▶ [Collection entries]
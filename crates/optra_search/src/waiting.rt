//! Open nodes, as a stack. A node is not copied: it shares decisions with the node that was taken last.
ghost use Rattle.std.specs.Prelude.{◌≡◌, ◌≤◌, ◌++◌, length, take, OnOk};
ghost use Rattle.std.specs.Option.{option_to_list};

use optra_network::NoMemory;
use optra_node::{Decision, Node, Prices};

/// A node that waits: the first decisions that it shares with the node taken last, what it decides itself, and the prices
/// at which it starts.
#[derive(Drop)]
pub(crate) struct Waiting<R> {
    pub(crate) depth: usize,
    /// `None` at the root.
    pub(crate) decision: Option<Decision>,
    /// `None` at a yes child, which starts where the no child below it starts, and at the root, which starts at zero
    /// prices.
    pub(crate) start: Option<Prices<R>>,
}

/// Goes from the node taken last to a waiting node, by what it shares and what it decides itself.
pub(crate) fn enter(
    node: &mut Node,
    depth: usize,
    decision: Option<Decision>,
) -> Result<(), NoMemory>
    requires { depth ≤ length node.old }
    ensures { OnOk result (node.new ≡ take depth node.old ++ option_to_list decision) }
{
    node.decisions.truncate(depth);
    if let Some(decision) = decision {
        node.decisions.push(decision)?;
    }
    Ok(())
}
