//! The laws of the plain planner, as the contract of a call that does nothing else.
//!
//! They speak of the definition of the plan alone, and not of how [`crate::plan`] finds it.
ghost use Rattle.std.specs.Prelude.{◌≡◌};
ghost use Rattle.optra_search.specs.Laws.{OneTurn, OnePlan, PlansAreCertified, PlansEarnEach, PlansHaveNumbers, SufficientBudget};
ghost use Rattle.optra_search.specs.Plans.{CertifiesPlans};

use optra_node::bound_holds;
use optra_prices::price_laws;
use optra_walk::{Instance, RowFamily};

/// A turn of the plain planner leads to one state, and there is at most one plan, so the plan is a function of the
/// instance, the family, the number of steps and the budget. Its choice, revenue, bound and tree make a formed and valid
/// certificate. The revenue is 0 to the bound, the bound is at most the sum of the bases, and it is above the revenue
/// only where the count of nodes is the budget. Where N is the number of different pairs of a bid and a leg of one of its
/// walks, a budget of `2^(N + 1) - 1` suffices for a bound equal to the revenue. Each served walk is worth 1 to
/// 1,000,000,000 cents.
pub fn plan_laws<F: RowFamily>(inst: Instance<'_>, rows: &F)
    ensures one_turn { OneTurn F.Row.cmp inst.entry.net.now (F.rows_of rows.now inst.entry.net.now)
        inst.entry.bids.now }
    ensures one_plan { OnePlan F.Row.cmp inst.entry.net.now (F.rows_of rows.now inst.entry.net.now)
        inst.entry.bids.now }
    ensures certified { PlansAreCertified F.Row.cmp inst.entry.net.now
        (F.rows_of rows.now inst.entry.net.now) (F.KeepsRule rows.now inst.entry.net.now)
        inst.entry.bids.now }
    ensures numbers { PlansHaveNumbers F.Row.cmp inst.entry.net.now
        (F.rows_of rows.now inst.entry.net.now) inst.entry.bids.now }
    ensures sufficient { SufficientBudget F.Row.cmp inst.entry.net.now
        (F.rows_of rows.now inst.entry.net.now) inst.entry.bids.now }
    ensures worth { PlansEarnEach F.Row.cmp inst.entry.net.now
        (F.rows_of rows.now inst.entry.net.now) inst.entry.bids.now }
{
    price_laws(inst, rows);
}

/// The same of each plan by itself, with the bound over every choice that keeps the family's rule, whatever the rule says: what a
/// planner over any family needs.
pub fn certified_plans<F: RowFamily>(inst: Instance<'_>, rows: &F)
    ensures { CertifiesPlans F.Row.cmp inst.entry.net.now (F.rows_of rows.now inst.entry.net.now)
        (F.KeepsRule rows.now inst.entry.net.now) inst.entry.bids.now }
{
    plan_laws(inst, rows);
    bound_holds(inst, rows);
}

▶ [Directions] Check the data for the word "itself" and pull out the lines that have it.

▶ [Response to this exercise]
/// A node that waits: the first decisions that it shares with the node taken last, what it decides itself, and the prices
/// Goes from the node taken last to a waiting node, by what it shares and what it decides itself.
/// The same of each plan by itself, with the bound over every choice that keeps the family's rule, whatever the rule says: what a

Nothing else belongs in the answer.